Students who wish to remain in their home state when they venture to college—rather than attend a private institution or a state school beyond their state's borders—are poised to save tens of thousands of dollars a year in tuition and required fees (though out-of-state students may be able to pay in-state tuition at some institutions).
Even at the most expensive public schools for in-state students in the country, average tuition and fees hover around $13,000, compared to approximately $40,000 at the most expensive private schools. Pennsylvania State University has the highest tuition and fees for in-state students, $15,250 for the 2010-11 academic year, according to data the school reported to U.S. News.
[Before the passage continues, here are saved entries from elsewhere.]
// b
!true"#,
        ..ROW
    },
    Row {
        name: "comparisons and or",
        text: "permit(principal,action,resource)when{1<=2||1>=2||1!=2};",
        layout: r#"1 <= 2 ||
1 >= 2 ||
1 != 2"#,
        ..ROW
    },
    Row {
        name: "difference",
        text: "permit(principal,action,resource)when{1-2};",
        layout: "1 - 2",
        ..ROW
    },
    Row {
        name: "indexes and a field",
        text: r#"permit(principal,action,resource)when{context["a"]["b"].c};"#,
        layout: r#"context["a"]["b"].c"#,
        ..ROW
    },
    Row {
        name: "like",
        text: r#"permit(principal,action,resource)when{context like "a*"};"#,
        layout: r#"context like "a*""#,
        ..ROW
    },
    Row {
        name: "has before a string",
        text: r#"permit(principal,action,resource)when{context has "a"};"#,
        layout: r#"context has "a""#,
        ..ROW
    },
];

fn expect_body(rt: &impl Abort, alloc: Global, row: &Row) {
    let tree = parse_policies(alloc, row.text).expect(rt, row.name);
    let config = Config {
        line_width: row.width,
        indent_width: row.indent,
    };
    let mut context = Context {
        config: &config,
        tokens: tokens_of(rt, alloc, row.text),
    };
    assert!(rt; in_order(&context.tokens));
    let policy = only(rt, &tree.policies);
    let cond = only(rt, &policy.inner.conds);
    let doc = cond.inner.expr.to_doc(alloc, &mut context);
    let doc = doc.expect(rt, row.name);
    expect_document(rt, alloc, doc, row.width, row.layout, row.name);
}

#[test]
fn bodies(rt: HostRuntime) {
    for row in &BODIES {
        expect_body(&rt, rt.alloc(), row);
    }
}

// A text, a width, and what its policies, taken in order, are rendered to: not cleaned yet. No comment is left.
struct Rendering {
    name: &'static str,
    text: &'static str,
    width: usize,
    layouts: &'static [&'static str],
}

static POLICIES: [Rendering; 16] = [
    Rendering {
        name: "principal that equals an entity",
        text: r#"permit(principal == User::"a",action,resource);"#,
        width: 80,
        layouts: &[
            r#"permit (
  principal == User::"a",
  action,
  resource
);"#,
        ],
    },
    Rendering {
        name: "principal that equals a slot",
        text: "permit(principal == ?principal, action, resource);",
        width: 80,
        layouts: &[
            r#"permit (
  principal == ?principal,
  action,
  resource
);"#,
        ],
    },
    Rendering {
        name: "annotation",
        text: r#"@id("x")permit(principal,action,resource);"#,
        width: 80,
        layouts: &[
            r#"@id("x")
permit (principal, action, resource);"#,
        ],
    },
    Rendering {
        name: "comment after the comma of a variable",
        text: r#"permit(principal, // p
action,resource);"#,
        width: 80,
        layouts: &[
            r#"permit (principal, // p
  action, resource);"#,
        ],
    },
    Rendering {
        name: "comment before an operator",
        text: r#"permit(principal,action,resource)when{"a"
// c
== "b"};"#,
        width: 80,
        layouts: &[
            "permit (principal, action, resource)\nwhen\n{\n  \"a\" \n  // c\n  == \"b\"\n};",
        ],
    },
    Rendering {
        name: "string with an empty line and slashes",
        text: r#"permit(principal,action,resource)when{"a

// b"};"#,
        width: 80,
        layouts: &[
            r#"permit (principal, action, resource)
when { "a

// b" };"#,
        ],
    },
    Rendering {
        name: "number with zeros in front",
        text: "permit(principal,action,resource)when{007==7};",
        width: 80,
        layouts: &[
            r#"permit (principal, action, resource)
when { 7 == 7 };"#,
        ],
    },
    Rendering {
        name: "has, tags and a call",
        text: r#"permit(principal,action,resource)unless{principal has a.b&&resource.tags.contains("x")};"#,
        width: 80,
        layouts: &[
            r#"permit (principal, action, resource)
unless { principal has a.b && resource.tags.contains("x") };"#,
        ],
    },
    Rendering {
        name: "record, list and is in",
        text: r#"permit(principal,action,resource)when{{a:1,"b":[2,-3]}==context&&principal is A::B in A::"c"};"#,
        width: 80,
        layouts: &[
            r#"permit (principal, action, resource)
when { { a: 1, "b": [2, -3] } == context && principal is A::B in A::"c" };"#,
        ],
    },
    Rendering {
        name: "if broken over lines",
        text: r#"permit(principal,action,resource)when{if a::"x"==principal then true else false};"#,
        width: 30,
        layouts: &[
            r#"permit
(principal, action, resource)
when
{
  if
    a::"x" == principal
  then
    true
  else
    false
};"#,
        ],
    },
    Rendering {
        name: "list of actions one wider than the width",
        text: r#"permit(principal,action in [A::"x",A::"y"],resource);"#,
        width: 20,
        layouts: &[
            r#"permit (
  principal,
  action in
    [A::"x",
     A::"y"],
  resource
);"#,
        ],
    },
    Rendering {
        name: "list of actions as wide as the width",
        text: r#"permit(principal,action in [A::"x",A::"y"],resource);"#,
        width: 21,
        layouts: &[
            r#"permit (
  principal,
  action in
    [A::"x", A::"y"],
  resource
);"#,
        ],
    },
    Rendering {
        name: "type and slot one wider than the width",
        text: "permit(principal is A in ?principal,action,resource);",
        width: 18,
        layouts: &[
            r#"permit (
  principal is A
  in
    ?principal,
  action,
  resource
);"#,
        ],
    },
    Rendering {
        name: "type and slot as wide as the width",
        text: "permit(principal is A in ?principal,action,resource);",
        width: 19,
        layouts: &[
            r#"permit (
  principal is A in
    ?principal,
  action,
  resource
);"#,
        ],
    },
    Rendering {
        name: "comments in an argument",
        text: r#"permit(principal,action,resource)when{f(1 // x
// y
)};"#,
        width: 80,
        layouts: &[
            "permit (principal, action, resource)\nwhen\n{\n  f(\n      1 // x\n      \n    \n    // y\n    )\n};",
        ],
    },
    Rendering {
        name: "trailing, leading and closing comments",
        text: r#"permit(principal,action,resource); // t
// l
permit(principal,action,resource);
// e"#,
        width: 80,
        layouts: &[
            r#"permit (principal, action, resource); // t
"#,
            r#"
// l
permit (principal, action, resource);"#,
        ],
    },
];

fn expect_policies(rt: &impl Abort, alloc: Global, row: &Rendering) {
    let tree = parse_policies(alloc, row.text).expect(rt, row.name);
    let config = Config::default();
    let mut context = Context {
        config: &config,
        tokens: tokens_of(rt, alloc, row.text),
    };
    assert_eq!(rt; tree.policies.len(), row.layouts.len(), "{}", row.name);
    let mut rest = row.layouts.iter();
    for policy in &tree.policies {
        let want = rest.next().expect(rt, row.name);
        expect_policy(rt, alloc, policy, &mut context, row.width, want, row.name);
    }
    expect_no_comments(rt, &context.tokens, row.name);
}

fn expect_policy<'a>(
    rt: &impl Abort,
    alloc: Global,
    policy: &Node<Policy<'a>>,
    context: &mut Context<'_, 'a>,
    width: usize,
    want: &str,
    name: &str,
) {
    assert!(rt; in_order(&context.tokens));
    let doc = policy.to_doc(alloc, context).expect(rt, name);
    expect_document(rt, alloc, doc, width, want, name);
}

fn expect_no_comments(rt: &impl Abort, tokens: &[WrappedToken<'_>], name: &str) {
    for token in tokens {
        let comment = &token.comment;
        let is_bare = comment.leading_comment().is_empty() && comment.trailing_comment().is_empty();
        assert!(rt; is_bare, "{name}: {token}");
    }
}

#[test]
fn policies(rt: HostRuntime) {
    for row in &POLICIES {
        expect_policies(&rt, rt.alloc(), row);
    }
}

// The type of the first policy's principal.
fn expect_type(rt: &impl Abort, alloc: Global, text: &str, want: &str) {
    let tree = parse_policies(alloc, text).expect(rt, text);
    let config = Config::default();
    let mut context = Context {
        config: &config,
        tokens: tokens_of(rt, alloc, text),
    };
    assert!(rt; in_order(&context.tokens));
    let variable = &only(rt, &tree.policies).inner.variables.0;
    let name = variable.inner.entity_type.as_ref().expect(rt, text);
    let doc = name.to_doc(alloc, &mut context).expect(rt, text);
    expect_document(rt, alloc, doc, 80, want, text);
}

#[test]
fn a_type_with_a_comment(rt: HostRuntime) {
    let text = r#"permit(principal is A // x
::B,action,resource);"#;
    let want = r#"A // x
::B"#;
    expect_type(&rt, rt.alloc(), text, want);
}

// A text, whether the context has its tokens, and each part of a type that has a document with `none`, or what it is
// rendered to by itself. Of a chain of levels the first operand is visited, and the primaries of the others.
struct Visit {
    name: &'static str,
    text: &'static str,
    has_tokens: bool,
    parts: &'static [(&'static str, &'static str)],
}

static NODES: [Visit; 4] = [
    Visit {
        name: "each part",
        text: r#"@id("x")permit(principal==?principal,action,resource)when{!context.b(1)["k"]*2+007=={a:A::B::"u"}&&true||false};"#,
        has_tokens: true,
        parts: &[
            (
                "Node<Policy>",
                r#"@id("x")
permit (
  principal == ?principal,
  action,
  resource
)
when { !context.b(1)["k"] * 2 + 7 == { a: A::B::"u" } && true || false };"#,
            ),
            (
                "Node<Annotation>",
                r#"@id("x")
"#,
            ),
            ("Node<Ident>", "id"),
            ("Ident", "id"),
            ("Node<Str>", r#""x""#),
            ("Node<VariableDef>", "principal == ?principal"),
            ("Node<Primary>", "?principal"),
            ("Node<Slot>", "?principal"),
            (
                "Node<Cond>",
                r#"when { !context.b(1)["k"] * 2 + 7 == { a: A::B::"u" } && true || false }"#,
            ),
            (
                "Node<Expr>",
                r#"!context.b(1)["k"] * 2 + 7 == { a: A::B::"u" } &&
true ||
false"#,
            ),
            (
                "Node<Or>",
                r#"!context.b(1)["k"] * 2 + 7 == { a: A::B::"u" } &&
true ||
false"#,
            ),
            (
                "Node<And>",
                r#"!context.b(1)["k"] * 2 + 7 == { a: A::B::"u" } &&
true"#,
            ),
            (
                "Node<Relation>",
                r#"!context.b(1)["k"] * 2 + 7 == { a: A::B::"u" }"#,
            ),
            ("Node<Add>", r#"!context.b(1)["k"] * 2 + 7"#),
            ("AddOp", "+"),
            ("Node<Primary>", "7"),
            ("Node<Literal>", "7"),
            ("Node<Mult>", r#"!context.b(1)["k"] * 2"#),
            ("MultOp", "*"),
            ("Node<Unary>", r#"!context.b(1)["k"]"#),
            ("Member", r#"context.b(1)["k"]"#),
            ("Node<MemAccess>", ".b"),
            (
                "Node<MemAccess>",
                r#"(
  1
)"#,
            ),
            ("Node<MemAccess>", r#"["k"]"#),
            ("Node<Primary>", "context"),
            ("Node<Name>", "context"),
            ("Node<Primary>", r#"{ a: A::B::"u" }"#),
            ("Node<RecInit>", r#"a: A::B::"u""#),
        ],
    },
    Visit {
        name: "each part with comments",
        text: r#"@ // a
// b
id // c
( // d
// e
"x" // f
)permit(principal== // g
// h
?principal // i
,action,resource)when{ // j
// k
007 // l
==A::B // m
:: // n
// o
"u" // q
};"#,
        has_tokens: true,
        parts: &[
            (
                "Node<Policy>",
                "@ // a\n\n// b\nid // c\n( // d\n\n// e\n\"x\" // f\n)\npermit (\n  principal\n  == // g\n  \n    \n    // h\n    ?principal // i\n    ,\n  action,\n  resource\n)\nwhen\n{ // j\n  \n  // k\n  7 // l\n   == A::B // m\n  :: // n\n  \n  // o\n  \"u\" // q\n  \n};",
            ),
            (
                "Node<Annotation>",
                r#"@ // a

// b
id // c
( // d

// e
"x" // f
)
"#,
            ),
            (
                "Node<Ident>",
                r#"
// b
id // c
"#,
            ),
            ("Ident", "id"),
            (
                "Node<Str>",
                r#"
// e
"x" // f
"#,
            ),
            (
                "Node<VariableDef>",
                "principal\n== // g\n\n  \n  // h\n  ?principal // i\n  ",
            ),
            (
                "Node<Primary>",
                r#"
// h
?principal // i
"#,
            ),
            (
                "Node<Slot>",
                r#"
// h
?principal // i
"#,
            ),
            (
                "Node<Cond>",
                "when\n{ // j\n  \n  // k\n  7 // l\n   == A::B // m\n  :: // n\n  \n  // o\n  \"u\" // q\n  \n}",
            ),
            (
                "Node<Expr>",
                r#"
// k
7 // l
 == A::B // m
:: // n

// o
"u" // q
"#,
            ),
            (
                "Node<Or>",
                r#"
// k
7 // l
 == A::B // m
:: // n

// o
"u" // q
"#,
            ),
            (
                "Node<And>",
                r#"
// k
7 // l
 == A::B // m
:: // n

// o
"u" // q
"#,
            ),
            (
                "Node<Relation>",
                r#"
// k
7 // l
 == A::B // m
:: // n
[See the 10 least expensive public colleges for in-state students.]
In all, 452 of the 573 undergraduate programs at public institutions surveyed by U.S. News reported in-state tuition and fee data. Among them, the average tuition and required fees were $7,042 for the 2010-11 academic year, compared with an average of $13,762 at the 10 most expensive schools (listed below).
Seven of the 10 most expensive public schools for in-state students are in the mid-Atlantic and Northeast regions of the country. Only one, the Colorado School of Mines, where students paid $13,425 in tuition and fees in the 2010-11 academic year , is located in the western half of the country.
[See the nation's most expensive private colleges.]
Despite the relatively higher costs, only two schools on the list—the Maine Maritime Academy and the College of New Jersey—place in the top 10 of their U.S. News rankings category. The schools are ranked as a regional college (North) and a regional university (North), respectively.
Below is a list of the 10 most expensive public colleges schools for in-state students based on tuition and required fees (figures do not include room and board, books, and other miscellaneous costs):
|School Name||In-state Tuition & Fees (2010-11)||U.S. News Rank & Category|
|Pennsylvania State University—University Park||$15,250||47, National Universities|
|Maine Maritime Academy||$14,665||9, Regional Colleges (North)|
|University of Vermont||$14,132||94, National Universities|
|University of New Hampshire||$13,675||104, National Universities|
|University of Illinois--Urbana-Champaign||$13,640||47, National Universities|
|St. Mary’s College of Maryland||$13,630||88, National Liberal Arts Colleges|
|Colorado School of Mines||$13,425||72, National Universities|
|College of New Jersey||$13,273||4, Regional Universities (North)|
|University of Illinois—Chicago||$13,074||143, National Universities|
|New Jersey Institute of Technology||$12,856||139, National Universities|
Don't see your school in the top 10? Access the U.S. News College Compass to find tuition data, complete rankings, and much more.
U.S. News surveyed more than 1,700 colleges and universities for our 2010 survey of undergraduate programs. Schools self-reported a myriad of data regarding their academic programs and the makeup of their student body, among other areas, making U.S. News's data the most accurate and detailed collection of college facts and figures of its kind. While U.S. News uses much of this survey data to rank schools for our annual Best Colleges rankings, the data can also be useful when examined on a smaller scale. U.S. News will now produce lists of data, separate from the overall rankings, meant to provide students and parents a means to find which schools excel, or have room to grow, in specific areas that are important to them. While the data comes from the schools themselves, these lists are not related to, and have no influence over, U.S. News's rankings of Best Colleges or Best Graduate Schools.